→ Your goal
Each entry below has to be written out again exactly.

→ Exercise input
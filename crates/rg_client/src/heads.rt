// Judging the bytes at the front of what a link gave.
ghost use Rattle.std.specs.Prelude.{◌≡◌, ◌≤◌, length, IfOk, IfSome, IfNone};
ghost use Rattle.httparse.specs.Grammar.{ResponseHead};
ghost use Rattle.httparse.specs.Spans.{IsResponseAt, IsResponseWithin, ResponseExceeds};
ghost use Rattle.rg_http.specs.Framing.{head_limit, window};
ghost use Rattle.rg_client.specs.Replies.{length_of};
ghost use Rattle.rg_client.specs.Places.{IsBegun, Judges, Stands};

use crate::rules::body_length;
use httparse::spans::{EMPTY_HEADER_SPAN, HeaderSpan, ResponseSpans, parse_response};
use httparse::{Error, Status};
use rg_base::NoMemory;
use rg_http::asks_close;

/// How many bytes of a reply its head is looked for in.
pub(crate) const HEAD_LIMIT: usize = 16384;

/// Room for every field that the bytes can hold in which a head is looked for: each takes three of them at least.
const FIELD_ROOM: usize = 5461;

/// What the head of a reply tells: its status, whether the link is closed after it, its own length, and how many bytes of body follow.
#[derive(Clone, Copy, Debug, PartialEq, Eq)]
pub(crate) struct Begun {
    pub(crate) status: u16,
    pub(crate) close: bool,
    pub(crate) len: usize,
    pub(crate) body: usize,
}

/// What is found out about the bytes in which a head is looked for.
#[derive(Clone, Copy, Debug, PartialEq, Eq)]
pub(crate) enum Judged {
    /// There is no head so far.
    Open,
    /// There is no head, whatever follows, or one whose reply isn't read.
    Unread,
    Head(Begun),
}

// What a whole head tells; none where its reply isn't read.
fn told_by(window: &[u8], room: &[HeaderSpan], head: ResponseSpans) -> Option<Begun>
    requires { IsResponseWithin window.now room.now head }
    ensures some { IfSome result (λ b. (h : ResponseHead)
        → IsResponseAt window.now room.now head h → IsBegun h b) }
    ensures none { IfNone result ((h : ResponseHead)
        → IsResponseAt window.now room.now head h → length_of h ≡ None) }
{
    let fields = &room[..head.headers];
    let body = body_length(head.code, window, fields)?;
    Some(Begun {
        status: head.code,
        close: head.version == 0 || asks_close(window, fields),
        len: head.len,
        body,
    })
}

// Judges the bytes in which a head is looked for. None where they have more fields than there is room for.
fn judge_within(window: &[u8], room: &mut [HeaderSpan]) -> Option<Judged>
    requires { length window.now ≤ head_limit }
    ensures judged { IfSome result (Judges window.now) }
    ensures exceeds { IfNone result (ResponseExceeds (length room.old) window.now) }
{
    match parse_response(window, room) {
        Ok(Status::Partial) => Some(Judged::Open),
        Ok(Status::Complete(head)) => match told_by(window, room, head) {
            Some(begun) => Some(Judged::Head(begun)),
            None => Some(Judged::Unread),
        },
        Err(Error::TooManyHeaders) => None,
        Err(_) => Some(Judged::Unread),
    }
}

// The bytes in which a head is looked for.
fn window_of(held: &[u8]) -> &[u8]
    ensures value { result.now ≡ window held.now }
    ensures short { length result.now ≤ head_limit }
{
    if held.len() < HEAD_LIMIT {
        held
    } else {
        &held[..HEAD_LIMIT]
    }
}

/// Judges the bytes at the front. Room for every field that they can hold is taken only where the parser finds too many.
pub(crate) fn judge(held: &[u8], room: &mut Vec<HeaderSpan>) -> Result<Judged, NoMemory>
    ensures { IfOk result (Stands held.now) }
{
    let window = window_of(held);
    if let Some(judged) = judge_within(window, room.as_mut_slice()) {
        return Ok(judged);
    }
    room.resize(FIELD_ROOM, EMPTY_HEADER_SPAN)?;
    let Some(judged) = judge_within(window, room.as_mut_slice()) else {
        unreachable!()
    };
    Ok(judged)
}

→ Output for this exercise
filename crates/rg_client/src/heads.rt
// Judging the bytes at the front of what a link gave.
ghost use Rattle.std.specs.Prelude.{◌≡◌, ◌≤◌, length, IfOk, IfSome, IfNone};
ghost use Rattle.httparse.specs.Grammar.{ResponseHead};
ghost use Rattle.httparse.specs.Spans.{IsResponseAt, IsResponseWithin, ResponseExceeds};
ghost use Rattle.rg_http.specs.Framing.{head_limit, window};
ghost use Rattle.rg_client.specs.Replies.{length_of};
ghost use Rattle.rg_client.specs.Places.{IsBegun, Judges, Stands};

use crate::rules::body_length;
use httparse::spans::{EMPTY_HEADER_SPAN, HeaderSpan, ResponseSpans, parse_response};
use httparse::{Error, Status};
use rg_base::NoMemory;
use rg_http::asks_close;

/// How many bytes of a reply its head is looked for in.
pub(crate) const HEAD_LIMIT: usize = 16384;

/// Room for every field that the bytes can hold in which a head is looked for: each takes three of them at least.
const FIELD_ROOM: usize = 5461;

/// What the head of a reply tells: its status, whether the link is closed after it, its own length, and how many bytes of body follow.
#[derive(Clone, Copy, Debug, PartialEq, Eq)]
pub(crate) struct Begun {
    pub(crate) status: u16,
    pub(crate) close: bool,
    pub(crate) len: usize,
    pub(crate) body: usize,
}

/// What is found out about the bytes in which a head is looked for.
#[derive(Clone, Copy, Debug, PartialEq, Eq)]
pub(crate) enum Judged {
    /// There is no head so far.
    Open,
    /// There is no head, whatever follows, or one whose reply isn't read.
    Unread,
    Head(Begun),
}

// What a whole head tells; none where its reply isn't read.
fn told_by(window: &[u8], room: &[HeaderSpan], head: ResponseSpans) -> Option<Begun>
    requires { IsResponseWithin window.now room.now head }
    ensures some { IfSome result (λ b. (h : ResponseHead)
        → IsResponseAt window.now room.now head h → IsBegun h b) }
    ensures none { IfNone result ((h : ResponseHead)
        → IsResponseAt window.now room.now head h → length_of h ≡ None) }
{
    let fields = &room[..head.headers];
    let body = body_length(head.code, window, fields)?;
    Some(Begun {
        status: head.code,
        close: head.version == 0 || asks_close(window, fields),
        len: head.len,
        body,
    })
}

// Judges the bytes in which a head is looked for. None where they have more fields than there is room for.
fn judge_within(window: &[u8], room: &mut [HeaderSpan]) -> Option<Judged>
    requires { length window.now ≤ head_limit }
    ensures judged { IfSome result (Judges window.now) }
    ensures exceeds { IfNone result (ResponseExceeds (length room.old) window.now) }
{
    match parse_response(window, room) {
        Ok(Status::Partial) => Some(Judged::Open),
        Ok(Status::Complete(head)) => match told_by(window, room, head) {
            Some(begun) => Some(Judged::Head(begun)),
            None => Some(Judged::Unread),
        },
        Err(Error::TooManyHeaders) => None,
        Err(_) => Some(Judged::Unread),
    }
}

// The bytes in which a head is looked for.
fn window_of(held: &[u8]) -> &[u8]
    ensures value { result.now ≡ window held.now }
    ensures short { length result.now ≤ head_limit }
{
    if held.len() < HEAD_LIMIT {
        held
    } else {
        &held[..HEAD_LIMIT]
    }
}

/// Judges the bytes at the front. Room for every field that they can hold is taken only where the parser finds too many.
pub(crate) fn judge(held: &[u8], room: &mut Vec<HeaderSpan>) -> Result<Judged, NoMemory>
    ensures { IfOk result (Stands held.now) }
{
    let window = window_of(held);
    if let Some(judged) = judge_within(window, room.as_mut_slice()) {
        return Ok(judged);
    }
    room.resize(FIELD_ROOM, EMPTY_HEADER_SPAN)?;
    let Some(judged) = judge_within(window, room.as_mut_slice()) else {
        unreachable!()
    };
    Ok(judged)
}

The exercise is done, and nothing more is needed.